**** TASK INPUTS

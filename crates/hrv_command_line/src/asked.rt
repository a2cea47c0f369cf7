//! What each command is asked for by its values and options.
ghost use Rattle.std.specs.Prelude.{◌≡◌, ◌∷◌, ℕ, map, option_map, IfOk, None, Some};
ghost use Rattle.clap.specs.Walk.{texts};
ghost use Rattle.hrv_command_line.specs.CommandLine.{asked_by, asked_of, blame_of, compile_of, dis_of, explain_of};
ghost use Rattle.hrv_command_line.specs.CommandLine.{family_in, files_of, listing_of, number_or, picture_of};
ghost use Rattle.hrv_command_line.specs.CommandLine as spec;
ghost use Rattle.hrv_command_line.specs.CommandLine.{printed_in, refusal_in, run_from, run_of};
ghost use Rattle.hrv_command_line.specs.inner.Readings.{chosen_of};

use crate::command_lines::{BlameArguments, DrawArguments, Invocation};
use crate::reading::{Chosen, text_of};
use crate::tracing::trace_asked;
use hrv_refusals::is_explained;
use std::alloc::{AllocError, Global};

/// What a command is asked for by values and options: which ones each has, in the order of the table.
#[inline(never)]
pub(crate) fn asked_for<'a>(
    alloc: Global,
    name: &str,
    values: &[&'a str],
    choices: &[Chosen<'a>],
) -> Result<Option<Invocation<'a>>, AllocError>
    ensures { IfOk result (λ found. option_map asked_by found
        ≡ asked_of name.now (record { values = texts values.now; choices = map chosen_of choices.now })) }
{
    match name {
        "picture" => picture_asked(alloc, values),
        "compile" => compile_asked(alloc, values),
        "map" => Ok(map_asked(values)),
        "run" => Ok(run_asked(values, choices)),
        "replay" => Ok(replay_asked(values)),
        "debug" => Ok(debug_asked(values)),
        "blame" => Ok(blame_asked(values, choices)),
        "profile" => Ok(profile_asked(values)),
        "trace" => Ok(trace_asked(values, choices)),
        "races" => races_asked(alloc, values),
        "log" => Ok(log_asked(values)),
        "digest" => digest_asked(alloc, values),
        "verify" => Ok(verify_asked(values)),
        "asm" => Ok(asm_asked(values)),
        "dis" => Ok(dis_asked(values, choices)),
        "renew" => Ok(renew_asked(values)),
        "explain" => Ok(explain_asked(values)),
        "version" => Ok(version_asked(values)),
        _ => Ok(None),
    }
}

// What `picture` is asked for.
fn picture_asked<'a>(
    alloc: Global,
    values: &[&'a str],
) -> Result<Option<Invocation<'a>>, AllocError>
    ensures { IfOk result (λ found. option_map asked_by found ≡ picture_of (texts values.now)) }
{
    match values {
        [algorithm, inputs @ ..] => {
            let inputs = Vec::from_slice(alloc, inputs)?;
            Ok(Some(Invocation::Picture { algorithm, inputs }))
        }
        _ => Ok(None),
    }
}

// What `compile` is asked for.
fn compile_asked<'a>(
    alloc: Global,
    values: &[&'a str],
) -> Result<Option<Invocation<'a>>, AllocError>
    ensures { IfOk result (λ found. option_map asked_by found ≡ compile_of (texts values.now)) }
{
    match values {
        [algorithm, schedule, image, inputs @ ..] => {
            let inputs = Vec::from_slice(alloc, inputs)?;
            Ok(Some(Invocation::Compile {
                algorithm,
                schedule,
                image,
                inputs,
            }))
        }
        _ => Ok(None),
    }
}

// What `map` is asked for.
fn map_asked<'a>(values: &[&'a str]) -> Option<Invocation<'a>>
    ensures { option_map asked_by result ≡ files_of spec.Maps (texts values.now) }
{
    match values {
        [algorithm, schedule] => Some(Invocation::Map {
            algorithm,
            schedule,
        }),
        _ => None,
    }
}

// What `run` is asked for.
fn run_asked<'a>(values: &[&'a str], choices: &[Chosen<'a>]) -> Option<Invocation<'a>>
    ensures { option_map asked_by result ≡ run_of (map chosen_of choices.now) (texts values.now) }
{
    match values {
        [image, log] => {
            let harts = number_of("harts", choices, 1, MOST_HARTS)?;
            let turns = number_of("turns", choices, MOST_TURNS, MOST_TURNS)?;
            match text_of("seed", choices) {
                None => threaded_asked(choices, image, log, harts, turns),
                Some(seed) => drawn_asked(seed, choices, image, log, harts, turns),
            }
        }
        _ => None,
    }
}

// A run whose threads say which turns come next, and how many at once.
fn threaded_asked<'a>(
    choices: &[Chosen<'a>],
    image: &'a str,
    log: &'a str,
    harts: u64,
    turns: u64,
) -> Option<Invocation<'a>>
    ensures { option_map asked_by result
        ≡ spec.run_by None (map chosen_of choices.now) image.entry.now log.entry.now harts turns }
{
    if text_of("every", choices).is_some() {
        return None;
    }
    let record = text_of("record", choices);
    let from = text_of("from", choices);
    Some(run_from(from, image, log, record, harts, turns))
}

// A run whose turns are drawn, from the image's start.
fn drawn_asked<'a>(
    seed: &str,
    choices: &[Chosen<'a>],
    image: &'a str,
    log: &'a str,
    harts: u64,
    turns: u64,
) -> Option<Invocation<'a>>
    ensures { option_map asked_by result
        ≡ spec.run_by (Some seed.now) (map chosen_of choices.now) image.entry.now log.entry.now harts turns }
{
    if text_of("from", choices).is_some() {
        return None;
    }
    let seed = number_in(seed)?;
    let every = number_of("every", choices, 1, MOST_EVERY)?;
    let draws = DrawArguments {
        harts,
        turns,
        seed,
        every,
    };
    let record = text_of("record", choices);
    Some(Invocation::RunDrawn {
        image,
        log,
        record,
        draws,
    })
}

// The number that a text means.
pub(crate) fn number_in(text: &str) -> Option<u64>
    ensures { result ≡ spec.number_in text.now }
{
    match text.parse::<u64>() {
        Ok(number) => Some(number),
        Err(_) => None,
    }
}

// A run, or one that goes on from a log, with as many harts as that one has.
fn run_from<'a>(
    from: Option<&'a str>,
    image: &'a str,
    log: &'a str,
    record: Option<&'a str>,
    harts: u64,
    turns: u64,
) -> Invocation<'a>
    ensures { asked_by result ≡ run_from (option_map (λ s. s.now) from.entry) image.now log.now
        (option_map (λ s. s.now) «record».entry) harts turns }
{
    match from {
        None => Invocation::Run {
            image,
            log,
            record,
            harts,
            turns,
        },
        Some(old) => Invocation::Resume {
            image,
            log,
            record,
            old,
            turns,
        },
    }
}

// How many harts there are at most.
const MOST_HARTS: u64 = 8;

// How many turns a hart has at most in a log.
const MOST_TURNS: u64 = 1 << 40;

// How many turns a hart makes at most each time it is drawn.
const MOST_EVERY: u64 = 4096;

// The number of an option, from 1 to the greatest one; or the one that stands for none.
fn number_of(name: &str, choices: &[Chosen<'_>], none: u64, most: u64) -> Option<u64>
    ensures { result ≡ number_or none most (spec.text_of name.now (map chosen_of choices.now)) }
{
    match text_of(name, choices) {
        None => Some(none),
        Some(text) => number_up_to(text, most),
    }
}

// The number that a text means, from 1 to the greatest one.
fn number_up_to(text: &str, most: u64) -> Option<u64>
    ensures { (none : ℕ) → result ≡ number_or none most (Some text.now) }
{
    match text.parse::<u64>() {
        Ok(number) => {
            if 1 <= number && number <= most {
                Some(number)
            } else {
                None
            }
        }
        Err(_) => None,
    }
}

// What `replay` is asked for.
fn replay_asked<'a>(values: &[&'a str]) -> Option<Invocation<'a>>
    ensures { option_map asked_by result ≡ files_of spec.Replays (texts values.now) }
{
    match values {
        [image, log] => Some(Invocation::Replay { image, log }),
        _ => None,
    }
}

// What `debug` is asked for.
fn debug_asked<'a>(values: &[&'a str]) -> Option<Invocation<'a>>
    ensures { option_map asked_by result ≡ files_of spec.Debugs (texts values.now) }
{
    match values {
        [image, log] => Some(Invocation::Debug { image, log }),
        _ => None,
    }
}

// What `blame` is asked for.
fn blame_asked<'a>(values: &[&'a str], choices: &[Chosen<'a>]) -> Option<Invocation<'a>>
    ensures { option_map asked_by result ≡ blame_of (map chosen_of choices.now) (texts values.now) }
{
    let address = text_of("address", choices);
    let with_turns = text_of("turns", choices).is_some();
    let (image, log, x, y) = match values {
        [image, log] => (*image, *log, None, None),
        [image, log, x] => (*image, *log, Some(*x), None),
        [image, log, x, y] => (*image, *log, Some(*x), Some(*y)),
        _ => return None,
    };
    let words = BlameArguments {
        x,
        y,
        address,
        with_turns,
    };
    Some(Invocation::Blame { image, log, words })
}

// What `profile` is asked for.
fn profile_asked<'a>(values: &[&'a str]) -> Option<Invocation<'a>>
    ensures { option_map asked_by result ≡ files_of spec.Profiles (texts values.now) }
{
    match values {
        [image, log] => Some(Invocation::Profile { image, log }),
        _ => None,
    }
}

// What `races` is asked for.
fn races_asked<'a>(alloc: Global, values: &[&'a str]) -> Result<Option<Invocation<'a>>, AllocError>
    ensures { IfOk result (λ found. option_map asked_by found ≡ spec.races_of (texts values.now)) }
{
    match values {
        [image, log, but @ ..] => {
            let but = Vec::from_slice(alloc, but)?;
            Ok(Some(Invocation::Races { image, log, but }))
        }
        _ => Ok(None),
    }
}

// What `log` is asked for.
fn log_asked<'a>(values: &[&'a str]) -> Option<Invocation<'a>>
    ensures { option_map asked_by result ≡ spec.log_of (texts values.now) }
{
    match values {
        [log] => Some(Invocation::PrintLog { log }),
        [text, log] => Some(Invocation::MakeLog { text, log }),
        _ => None,
    }
}

// What `digest` is asked for.
fn digest_asked<'a>(alloc: Global, values: &[&'a str]) -> Result<Option<Invocation<'a>>, AllocError>
    ensures { IfOk result (λ found. option_map asked_by found ≡ spec.digest_of (texts values.now)) }
{
    match values {
        [] => Ok(None),
        _ => {
            let files = Vec::from_slice(alloc, values)?;
            Ok(Some(Invocation::Digest { files }))
        }
    }
}

// What `verify` is asked for.
fn verify_asked<'a>(values: &[&'a str]) -> Option<Invocation<'a>>
    ensures { option_map asked_by result ≡ spec.verify_of (texts values.now) }
{
    match values {
        [record, image, log] => Some(Invocation::Verify { record, image, log }),
        _ => None,
    }
}

// What `asm` is asked for.
fn asm_asked<'a>(values: &[&'a str]) -> Option<Invocation<'a>>
    ensures { option_map asked_by result ≡ files_of spec.Assembles (texts values.now) }
{
    match values {
        [source, image] => Some(Invocation::Asm { source, image }),
        _ => None,
    }
}

// What `dis` is asked for.
fn dis_asked<'a>(values: &[&'a str], choices: &[Chosen<'a>]) -> Option<Invocation<'a>>
    ensures { option_map asked_by result ≡ dis_of (map chosen_of choices.now) (texts values.now) }
{
    match values {
        [image] => Some(listing(image, text_of("addresses", choices).is_some())),
        _ => None,
    }
}

// The listing of an image, with addresses or without.
fn listing<'a>(image: &'a str, has_addresses: bool) -> Invocation<'a>
    ensures { asked_by result ≡ listing_of image.now has_addresses }
{
    if has_addresses {
        Invocation::DisAddresses { image }
    } else {
        Invocation::Dis { image }
    }
}

// What `renew` is asked for.
fn renew_asked<'a>(values: &[&'a str]) -> Option<Invocation<'a>>
    ensures { option_map asked_by result ≡ files_of spec.Renews (texts values.now) }
{
    match values {
        [old, new] => Some(Invocation::Renew { old, new }),
        _ => None,
    }
}

// What `explain` is asked for.
fn explain_asked<'a>(values: &[&'a str]) -> Option<Invocation<'a>>
    ensures { option_map asked_by result ≡ explain_of (texts values.now) }
{
    match values {
        [] => Some(Invocation::Explain {
            family: "",
            code: "",
        }),
        [word, others @ ..] => {
            let (family, code) = refusal_in(word, others)?;
            explained(family, code)
        }
    }
}

// The explanation of a family and a code, if there is a refusal of them.
fn explained<'a>(family: &'a str, code: &'a str) -> Option<Invocation<'a>>
    ensures { option_map asked_by result ≡ spec.if_known (family.now, code.now) }
{
    if is_explained(family, code) {
        Some(Invocation::Explain { family, code })
    } else {
        None
    }
}

// The family and the code of a refusal, that may be as it is printed.
fn refusal_in<'a>(word: &'a str, others: &[&'a str]) -> Option<(&'a str, &'a str)>
    ensures { option_map (λ r. (r.0.now, r.1.now)) result ≡ refusal_in (word.now ∷ texts others.now) }
{
    if word == "refused" {
        printed_in(others)
    } else {
        family_in(word, others)
    }
}

// The family and the code after `refused`: after `file` is a path, whatever words it is of.
fn printed_in<'a>(words: &[&'a str]) -> Option<(&'a str, &'a str)>
    ensures { option_map (λ r. (r.0.now, r.1.now)) result ≡ printed_in (texts words.now) }
{
    match words {
        [] => None,
        [family, others @ ..] => {
            if *family == "file" {
                Some((family, ""))
            } else {
                family_in(family, others)
            }
        }
    }
}

// A family and a code, or a family alone; where in a text the fault is doesn't matter.
fn family_in<'a>(family: &'a str, others: &[&'a str]) -> Option<(&'a str, &'a str)>
    ensures { option_map (λ r. (r.0.now, r.1.now)) result ≡ family_in family.now (texts others.now) }
{
    match others {
        [] => Some((family, "")),
        [code] => Some((family, code)),
        [code, line, _] => {
            if *line == "line" {
                Some((family, code))
            } else {
                None
            }
        }
        _ => None,
    }
}

// What `version` is asked for.
fn version_asked<'a>(values: &[&'a str]) -> Option<Invocation<'a>>
    ensures { option_map asked_by result ≡ spec.version_of (texts values.now) }
{
    match values {
        [] => Some(Invocation::Version),
        _ => None,
    }
}
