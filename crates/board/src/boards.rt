//! A board and its tokens.

ghost use Rattle.std.specs.Prelude.{◌≡◌, ◌<◌, ◌≤◌, [], ◌∷◌};
ghost use Rattle.board.specs.Rule.{most_harts, most_number, words_of_board};

use crate::known::SeatKnowledge;
use crate::rule::Rule;
use std::alloc::Global;

/// The right to step on a board, and what is known by it. It has no bytes.
pub(crate) type BoardToken = atomic_table::Seat<(), SeatKnowledge>;

/// A word for each of 1 to 8 harts, and whether a stop was asked. Threads share it by reference.
#[derive(Drop)]
pub struct Board {
    pub(crate) table: atomic_table::Table<(), SeatKnowledge, usize, Rule, Global>,
    pub(crate) harts: usize,
    ghost sized: { (table.shared.table_id.words ≡ words_of_board) × (table.shared.table_id.slots ≡ 0) },
    ghost ruled: { table.shared.key ≡ harts },
    ghost few: { harts ≤ most_harts },
}

/// The seat of one hart, which alone adds to the hart's word. Its number is that word.
#[derive(Drop)]
pub struct BoardSeat {
    pub(crate) hart: usize,
    pub(crate) number: u64,
    pub(crate) token: BoardToken,
    ghost counts: { (token.me.0.counts ≡ (hart, number) ∷ []) × (token.me.1 ≡ []) },
    ghost below: { hart < most_harts },
    ghost most: { number ≤ most_number },
}

/// Looks at a board. What it has seen is kept in proofs alone.
#[derive(Drop)]
pub struct Glance {
    pub(crate) token: BoardToken,
    ghost counts: { (token.me.0.counts ≡ []) × (token.me.1 ≡ []) },
}

/// A board that no thread shares any more, and what has come back of its seats and glances. It is compared
/// with the words at the end.
#[derive(Drop)]
pub struct Closing {
    pub(crate) board: Board,
    pub(crate) gatherer: BoardToken,
    ghost of: { gatherer.table_id ≡ board.table.shared.table_id },
    ghost slots: { gatherer.me.1 ≡ [] },
}
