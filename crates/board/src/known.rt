//! What a token of a board knows.

ghost use Rattle.std.specs.Prelude.{ℕ, Bool, List};
ghost use Rattle.std.specs.Borrow.{ftrue};

use std::marker::Model;

/// What a seat or a glance of a board knows. No value of it is made.
pub struct SeatKnowledge {
    // The harts whose words it alone adds to, each with its word.
    pub ghost counts: { List (ℕ × ℕ) },
    // The looks that it made, the last one first: each hart with the number that was found.
    pub ghost sights: { List (ℕ × ℕ) },
    // It has asked for a stop.
    pub ghost asked: { Bool },
    // It has found that a stop was asked.
    pub ghost heard: { Bool },
}

impl Model for SeatKnowledge {
    ghost also_owns = { λ _. ftrue };
}
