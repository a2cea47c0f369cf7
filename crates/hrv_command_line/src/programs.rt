//! The program's commands as `clap` takes them.
ghost use Rattle.std.specs.Prelude.{◌≡◌, false, fold, map, IfOk};
ghost use Rattle.clap.specs.Words.{app_of, rule_of};
ghost use Rattle.hrv_command_line.specs.Commands as spec;

use crate::table::{Choice, CommandRow, OptionKind, Value, ValueCount, rows};
use clap::{Arg, ArgAction, Command};
use std::alloc::{AllocError, Global};

/// The program's command, with a subcommand for each row of the table.
#[inline(never)]
pub(crate) fn program<'a>(alloc: Global) -> Result<Command<'a>, AllocError>
    ensures { IfOk result (spec.Makes spec.hrv_app) }
{
    let bare = bare_program(alloc)?;
    with_rows(alloc, bare, rows())
}

// The program's command without subcommands.
fn bare_program<'a>(alloc: Global) -> Result<Command<'a>, AllocError>
    ensures { IfOk result (spec.Makes spec.bare_app) }
{
    let command = Command::new(alloc, "hrv")
        .about(
            "Compiles stencil programs for harts that share one memory, runs them, and tells what their turns did",
        )
        .bin_name("hrv")?
        .no_binary_name(true)
        .subcommand_required(true);
    Ok(command)
}

// A command with a subcommand more for each row.
fn with_rows<'a>(
    alloc: Global,
    command: Command<'a>,
    rows: &'static [CommandRow<'static>],
) -> Result<Command<'a>, AllocError>
    ensures { IfOk result (λ made. spec.IsLocal command.entry
        → spec.Makes (fold spec.with_command (app_of command.entry) (map spec.shape_of rows.now)) made) }
{
    match rows {
        [] => Ok(command),
        [row, rows @ ..] => {
            let grown = with_row(alloc, command, row)?;
            with_rows(alloc, grown, rows)
        }
    }
}

// A command with the subcommand of a row more.
fn with_row<'a>(
    alloc: Global,
    command: Command<'a>,
    row: &CommandRow<'static>,
) -> Result<Command<'a>, AllocError>
    ensures { IfOk result (λ made. spec.IsLocal command.entry
        → spec.Makes (spec.with_command (app_of command.entry) (spec.shape_of row.now)) made) }
{
    let own = command_for(alloc, row)?;
    command.subcommand(own)
}

// The command of a row.
#[inline(never)]
fn command_for<'a>(alloc: Global, row: &CommandRow<'static>) -> Result<Command<'a>, AllocError>
    ensures { IfOk result (spec.Makes (spec.app_by (spec.shape_of row.now))) }
{
    let command = Command::new(alloc, row.name).about(row.about);
    let command = with_values(alloc, command, row.values)?;
    with_choices(alloc, command, row.choices)
}

// A command with an argument more for each value.
fn with_values<'a>(
    alloc: Global,
    command: Command<'a>,
    values: &'static [Value<'static>],
) -> Result<Command<'a>, AllocError>
    ensures { IfOk result (λ made. spec.IsLocal command.entry
        → spec.Makes (fold spec.with_value (app_of command.entry) (map spec.value_of values.now)) made) }
{
    match values {
        [] => Ok(command),
        [value, values @ ..] => {
            let grown = with_value(alloc, command, value)?;
            with_values(alloc, grown, values)
        }
    }
}

// A command with the argument of a value more.
fn with_value<'a>(
    alloc: Global,
    command: Command<'a>,
    value: &Value<'static>,
) -> Result<Command<'a>, AllocError>
    ensures { IfOk result (λ made. spec.IsLocal command.entry
        → spec.Makes (spec.with_value (app_of command.entry) (spec.value_of value.now)) made) }
{
    command.arg(value_arg(alloc, value))
}

// A command with an argument more for each option.
fn with_choices<'a>(
    alloc: Global,
    command: Command<'a>,
    choices: &'static [Choice<'static>],
) -> Result<Command<'a>, AllocError>
    ensures { IfOk result (λ made. spec.IsLocal command.entry
        → spec.Makes (fold spec.with_choice (app_of command.entry) (map spec.choice_of choices.now)) made) }
{
    match choices {
        [] => Ok(command),
        [choice, choices @ ..] => {
            let grown = with_choice(alloc, command, choice)?;
            with_choices(alloc, grown, choices)
        }
    }
}

// A command with the argument of an option more.
fn with_choice<'a>(
    alloc: Global,
    command: Command<'a>,
    choice: &Choice<'static>,
) -> Result<Command<'a>, AllocError>
    ensures { IfOk result (λ made. spec.IsLocal command.entry
        → spec.Makes (spec.with_choice (app_of command.entry) (spec.choice_of choice.now)) made) }
{
    command.arg(choice_arg(alloc, choice))
}

// The argument of a value.
fn value_arg<'a>(alloc: Global, value: &Value<'static>) -> Arg<'a>
    ensures rule { rule_of result ≡ spec.value_rule (spec.value_of value.now) }
    ensures local { result.global ≡ false }
{
    let arg = Arg::new(alloc, value.name).help(value.help);
    match value.need {
        ValueCount::Always => arg.required(true),
        ValueCount::Perhaps => arg,
        ValueCount::AnyNumber => arg.num_args(..),
    }
}

// The argument of an option.
fn choice_arg<'a>(alloc: Global, choice: &Choice<'static>) -> Arg<'a>
    ensures rule { rule_of result ≡ spec.choice_rule (spec.choice_of choice.now) }
    ensures local { result.global ≡ false }
{
    let arg = Arg::new(alloc, choice.name)
        .long(choice.name)
        .help(choice.help);
    match choice.kind {
        OptionKind::Flag => arg.action(ArgAction::SetTrue),
        OptionKind::Word => arg.value_name(choice.text),
        OptionKind::Harts => arg
            .value_name(choice.text)
            .value_parser(clap::value_parser!(u64).range(1..=8)),
        OptionKind::Turns => arg
            .value_name(choice.text)
            .value_parser(clap::value_parser!(u64).range(1..=1_099_511_627_776)),
        OptionKind::Seed => arg
            .value_name(choice.text)
            .value_parser(clap::value_parser!(u64)),
        OptionKind::Every => arg
            .value_name(choice.text)
            .value_parser(clap::value_parser!(u64).range(1..=4096)),
        OptionKind::Turn => arg
            .value_name(choice.text)
            .value_parser(clap::value_parser!(u64)),
        OptionKind::Hart => arg
            .value_name(choice.text)
            .value_parser(clap::value_parser!(u64).range(0..=7)),
    }
}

********

Filter the entries down to the lines containing "algorithm". Copy each of those lines.

SOLUTION TO THIS TASK.
        [algorithm, inputs @ ..] => {
            Ok(Some(Invocation::Picture { algorithm, inputs }))
        [algorithm, schedule, image, inputs @ ..] => {
                algorithm,
        [algorithm, schedule] => Some(Invocation::Map {
            algorithm,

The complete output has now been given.